# just a quick question on breeding kribs....



## jbjack (Jul 10, 2005)

I know kribs are easy breeders, i got a really nice male in a 20 with 2 females, and a cave to spawn in, now my question is, should i just leave 1 male 1 female or keep 1 male and 2 female? my thought on the 2 females was to have them compete for the male showing here colours, which may provoke the male to spawn faster? or am i thinking wrong? all in all my question is whats better to breed faster, 1 male 2 females, or 1 male 1 female? or something else? there are no other fish in the tank....

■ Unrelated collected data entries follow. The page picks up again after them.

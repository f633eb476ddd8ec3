//! Words that take no gates: constants, inputs, and bits of other words.
ghost use Rattle.std.specs.Prelude.{◌≡◌, ℕ, ◌+◌, ◌-◌, ◌<◌, ◌≤◌, ◌^◌, Bool, length, take, drop, replicate, ◌++◌, ◌∷◌, IfOk};
ghost use Rattle.word_spec.specs.Words.{word, complement, flip, bits, concat, sign_extend};
ghost use Rattle.gates.specs.declared.bit.Bit.{Bit};
ghost use Rattle.gates.specs.Circuits.{next, Holds, Within, variable_of};
ghost use Rattle.word_gates.specs.Numbers.{number, input_number, IsWord};

use gates::{Bit, Circuit};
use std::alloc::{AllocError, Global};

/// The word of a number.
pub fn constant(
    alloc: Global,
    circuit: &Circuit,
    width: usize,
    value: u64,
) -> Result<Vec<Bit>, AllocError>
    ensures made { IfOk result (λ w. IsWord circuit.now circuit.now 0 width w.items) }
    ensures value { IfOk result (λ w. (v : ℕ → Bool) → Holds v circuit.now → number v w.items ≡ word width value) }
{
    let mut bits = Vec::with_capacity(alloc, width)?;
    let mut rest = value;
    for _i in 0..width {
        bits.push(circuit.constant(rest % 2 == 1))?;
        rest /= 2;
    }
    Ok(bits)
}

/// The word of inputs from the one at `first` on.
pub fn inputs(
    alloc: Global,
    circuit: &Circuit,
    first: u32,
    width: u32,
) -> Result<Vec<Bit>, AllocError>
    requires { first + width ≤ circuit.now.inputs }
    ensures made { IfOk result (λ w. IsWord circuit.now circuit.now 0 width w.items) }
    ensures value { IfOk result (λ w. (v : ℕ → Bool) → number v w.items ≡ input_number v first width) }
{
    let _fits_as_the_number_of_inputs = circuit.inputs();
    let mut bits = Vec::with_capacity(alloc, width as usize)?;
    for i in 0..width {
        bits.push(circuit.input(first + i))?;
    }
    Ok(bits)
}

/// The word with each bit turned.
pub fn not(alloc: Global, a: &[Bit]) -> Result<Vec<Bit>, AllocError>
    ensures len { IfOk result (λ w. length w.items ≡ length a.now) }
    ensures within { IfOk result (λ w. (n : ℕ) → Within n a.now → Within n w.items) }
    ensures value { IfOk result (λ w. (v : ℕ → Bool) → number v w.items ≡ complement (length a.now) (number v a.now)) }
{
    let mut bits = Vec::with_capacity(alloc, a.len())?;
    for i in 0..a.len() {
        bits.push(a[i].negation())?;
    }
    Ok(bits)
}

/// The word with its highest bit turned, which makes signed order unsigned order.
pub fn flipped(alloc: Global, a: &[Bit]) -> Result<Vec<Bit>, AllocError>
    requires { 0 < length a.now }
    ensures len { IfOk result (λ w. length w.items ≡ length a.now) }
    ensures within { IfOk result (λ w. (n : ℕ) → Within n a.now → Within n w.items) }
    ensures value { IfOk result (λ w. (v : ℕ → Bool) → number v w.items ≡ flip (length a.now) (number v a.now)) }
{
    let top = a.len() - 1;
    let mut bits = a[..top].to_vec(alloc)?;
    bits.push(a[top].negation())?;
    Ok(bits)
}

/// Bits `hi` to `lo` of the word.
pub fn extract(alloc: Global, a: &[Bit], hi: usize, lo: usize) -> Result<Vec<Bit>, AllocError>
    requires order { lo ≤ hi }
    requires within { hi < length a.now }
    ensures len { IfOk result (λ w. length w.items ≡ hi + 1 - lo) }
    ensures within { IfOk result (λ w. (n : ℕ) → Within n a.now → Within n w.items) }
    ensures value { IfOk result (λ w. (v : ℕ → Bool) → number v w.items ≡ bits hi lo (number v a.now)) }
{
    let bits = a[lo..hi + 1].to_vec(alloc)?;
    Ok(bits)
}

/// The first word above the second.
pub fn concatenation(alloc: Global, a: &[Bit], b: &[Bit]) -> Result<Vec<Bit>, AllocError>
    ensures len { IfOk result (λ w. length w.items ≡ length a.now + length b.now) }
    ensures within { IfOk result (λ w. (n : ℕ) → Within n a.now → Within n b.now → Within n w.items) }
    ensures value { IfOk result (λ w. (v : ℕ → Bool) → number v w.items ≡ concat (length b.now) (number v a.now) (number v b.now)) }
{
    let mut bits = b.to_vec(alloc)?;
    bits.extend_from_slice(a)?;
    Ok(bits)
}

/// The word with zeros above it.
pub fn extension(
    alloc: Global,
    circuit: &Circuit,
    a: &[Bit],
    width: usize,
) -> Result<Vec<Bit>, AllocError>
    requires wider { length a.now ≤ width }
    requires within { Within (next circuit.now) a.now }
    ensures made { IfOk result (λ w. IsWord circuit.now circuit.now 0 width w.items) }
    ensures value { IfOk result (λ w. (v : ℕ → Bool) → Holds v circuit.now → number v w.items ≡ number v a.now) }
{
    let mut bits = a.to_vec(alloc)?;
    bits.resize(width, circuit.constant(false))?;
    Ok(bits)
}

/// The word with its sign above it.
pub fn signed_extension(alloc: Global, a: &[Bit], width: usize) -> Result<Vec<Bit>, AllocError>
    requires some { 0 < length a.now }
    requires wider { length a.now ≤ width }
    ensures len { IfOk result (λ w. length w.items ≡ width) }
    ensures within { IfOk result (λ w. (n : ℕ) → Within n a.now → Within n w.items) }
    ensures value { IfOk result (λ w. (v : ℕ → Bool) → number v w.items ≡ sign_extend (length a.now) width (number v a.now)) }
{
    let mut bits = a.to_vec(alloc)?;
    bits.resize(width, a[a.len() - 1])?;
    Ok(bits)
}
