//! Comparisons.
ghost use Rattle.std.specs.Prelude.{◌≡◌, ◌==◌, nat_lt, nat_le, ℕ, ◌<◌, Bool, length, IfOk};
ghost use Rattle.word_spec.specs.Words.{signed_lt, signed_le};
ghost use Rattle.gates.specs.Circuits.{next, Holds, IsBit, Within, bit_value};
ghost use Rattle.word_gates.specs.Numbers.{number};

use crate::parts::flipped;
use gates::{Bit, Circuit};
use std::alloc::{AllocError, Global};

/// Whether the words are equal. The highest bits come first, so that words which differ only in low bits share gates.
pub fn equal(circuit: &mut Circuit, a: &[Bit], b: &[Bit]) -> Result<Bit, AllocError>
    requires same { length a.now ≡ length b.now }
    requires a_within { Within (next circuit.old) a.now }
    requires b_within { Within (next circuit.old) b.now }
    ensures made { IfOk result (IsBit circuit.old circuit.new (length a.now)) }
    ensures value { IfOk result (λ l. (v : ℕ → Bool) → Holds v circuit.new → bit_value v l ≡ (number v a.now == number v b.now)) }
{
    let mut same = circuit.constant(true);
    let n = a.len();
    for i in 0..n {
        same = circuit.same(same, a[n - 1 - i], b[n - 1 - i])?;
    }
    Ok(same)
}

/// Whether the first word is the smaller.
pub fn less(circuit: &mut Circuit, a: &[Bit], b: &[Bit]) -> Result<Bit, AllocError>
    requires same { length a.now ≡ length b.now }
    requires a_within { Within (next circuit.old) a.now }
    requires b_within { Within (next circuit.old) b.now }
    ensures made { IfOk result (IsBit circuit.old circuit.new (length a.now)) }
    ensures value { IfOk result (λ l. (v : ℕ → Bool) → Holds v circuit.new → bit_value v l ≡ nat_lt (number v a.now) (number v b.now)) }
{
    let mut less = circuit.constant(false);
    for i in 0..a.len() {
        less = circuit.majority(a[i].negation(), b[i], less)?;
    }
    Ok(less)
}

/// Whether the first word is the smaller, or the words are equal.
pub fn less_or_equal(circuit: &mut Circuit, a: &[Bit], b: &[Bit]) -> Result<Bit, AllocError>
    requires same { length a.now ≡ length b.now }
    requires a_within { Within (next circuit.old) a.now }
    requires b_within { Within (next circuit.old) b.now }
    ensures made { IfOk result (IsBit circuit.old circuit.new (length a.now)) }
    ensures value { IfOk result (λ l. (v : ℕ → Bool) → Holds v circuit.new → bit_value v l ≡ nat_le (number v a.now) (number v b.now)) }
{
    let greater = less(circuit, b, a)?;
    Ok(greater.negation())
}

/// Whether the first word is the smaller in signed order.
pub fn signed_less(
    alloc: Global,
    circuit: &mut Circuit,
    a: &[Bit],
    b: &[Bit],
) -> Result<Bit, AllocError>
    requires some { 0 < length a.now }
    requires same { length a.now ≡ length b.now }
    requires a_within { Within (next circuit.old) a.now }
    requires b_within { Within (next circuit.old) b.now }
    ensures made { IfOk result (IsBit circuit.old circuit.new (length a.now)) }
    ensures value { IfOk result (λ l. (v : ℕ → Bool) → Holds v circuit.new → bit_value v l ≡ signed_lt (length a.now) (number v a.now) (number v b.now)) }
{
    let a = flipped(alloc, a)?;
    let b = flipped(alloc, b)?;
    let bit = less(circuit, &a, &b)?;
    Ok(bit)
}

/// Whether the first word is the smaller in signed order, or the words are equal.
pub fn signed_less_or_equal(
    alloc: Global,
    circuit: &mut Circuit,
    a: &[Bit],
    b: &[Bit],
) -> Result<Bit, AllocError>
    requires some { 0 < length a.now }
    requires same { length a.now ≡ length b.now }
    requires a_within { Within (next circuit.old) a.now }
    requires b_within { Within (next circuit.old) b.now }
    ensures made { IfOk result (IsBit circuit.old circuit.new (length a.now)) }
    ensures value { IfOk result (λ l. (v : ℕ → Bool) → Holds v circuit.new → bit_value v l ≡ signed_le (length a.now) (number v a.now) (number v b.now)) }
{
    let a = flipped(alloc, a)?;
    let b = flipped(alloc, b)?;
    let bit = less_or_equal(circuit, &a, &b)?;
    Ok(bit)
}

(also i got some **** planaria from some plants i guess since i dont over feed and my gravel is always clean, water perims are great, i hear they eat eggs true or false? wont the kribs protect the eggs from planaria like they would from other fish?)

thanks!


----------



## jbjack (Jul 10, 2005)

k i think i got my own answer, the other female is up hiding in the corner while the other 2 look like they are courting..... im not missing something here am I... i mean, its not necessary to have several kribs together to advert any possible deadly agression? my 50 full of kribs this never happened, so its eighter alot or just 2?


----------



## jbjack (Jul 10, 2005)

k, no, now she is just fine, spunky actually, trying to definately get him to choose her..... what should i do? (to breed the best)


----------



## Po0gs (Sep 3, 2008)

Id take the rejected female out and just let the 2(1m 1f) stay in there. In a 20 the fish become more targeted because they cant really get away


----------



## samaki (Oct 25, 2002)

Hi
You did the thing to do.kribs live in pair, it's better to let the fishes choose themselves by their own means.
just have to wait and the pair will clean an aera inside a half coco nut core or ar under a root or a rock.
Xris


----------